Awful lot of topics for someone that wants to "bow out."
Unless you were going for that cheezy "I get to say my piece on X topic and then it's over, and you're the one that can't let it go if you reply" thing? While I understand the tactical advantage of that one, I can't say I think very highly of it....

Martin said...

Actually I am curious about the answers to the questions. But I'll get those as an e-mail.

I brought up new topics because I wasn't being smart about time management at work. So when I say bow out I mean that I'm going to stop posting because of lack of time.

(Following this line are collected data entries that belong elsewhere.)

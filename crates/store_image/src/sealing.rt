ghost use Rattle.store_image.specs.Sealing.{SealedHistories, SealedSteps, SealingAllIsSealing, SealingIsKept, SealingKeepsWhatIsSpent, WhatIsRenewedStands};

/// The same steps may be taken in a state, and in one that has more lines of its outputs sealed.
pub fn sealed_steps()
    ensures { SealedSteps }
{}

/// A step spends the same number in both, or none.
pub fn sealing_keeps_what_is_spent()
    ensures { SealingKeepsWhatIsSpent }
{}

/// A step leads from both to states of which one has more lines sealed, and that are else the same.
pub fn sealing_is_kept()
    ensures { SealingIsKept }
{}

/// So do whole histories.
pub fn sealed_histories()
    ensures { SealedHistories }
{}

/// Sealing all lines of a state makes one that has more lines sealed, and is else the same.
pub fn sealing_all_is_sealing()
    ensures { SealingAllIsSealing }
{}

/// A store whose next generation begins with the state that the one in force leads to, all lines sealed, stands for the same history.
pub fn what_is_renewed_stands()
    ensures { WhatIsRenewedStands }
{}
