//! What the files of a store begin with.
ghost use Rattle.std.specs.Prelude.{◌≡◌};
ghost use Rattle.store_image.specs.Files.{heading_of, root_heading};

use disk_journal::Heading;

/// The number of the file that names the generations; the last of them is in force.
pub const ROOT: u64 = 0;

/// The format of the root, and of the generations that can be read.
pub const FIRST_FORMAT: u32 = 1;

/// The format that is written.
pub const WRITTEN_FORMAT: u32 = FIRST_FORMAT;

/// What a file of steps of this format begins with, in this generation.
pub fn heading_of(format: u32, generation: u64) -> Heading
    ensures { result ≡ heading_of format generation }
{
    Heading { format, generation }
}

/// What the root begins with.
pub fn root_heading() -> Heading
    ensures { result ≡ root_heading }
{
    heading_of(FIRST_FORMAT, 0)
}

I'm also losing interesting in the topic because the difference between infinity and the infinite number doesn't make much sense to me. I wasn't even clear there was some kind of distinction until you claimed there was. So it's hard to debate a point you don't understand.

I thought saying I was going to stop posting would be less rude than vanishing.

Foxfier said...

As you said yourself, infinity isn't a number.

Martin said...

That's the part that doesn't make any sense. In order to count the number of iterations in Ilíon's iterated subtraction method of division would require the summation of an infinite series which diverges to infinity. So it's the same thing as infinity.

Infinity is not a number because it's not possible to actually reach it. No matter how long the iterations go on in you're still as far away as when you started. Unless you sum the infinite series.

It doesn't make sense to talk of summation of an infinite series outside of mathematics because you can't do it.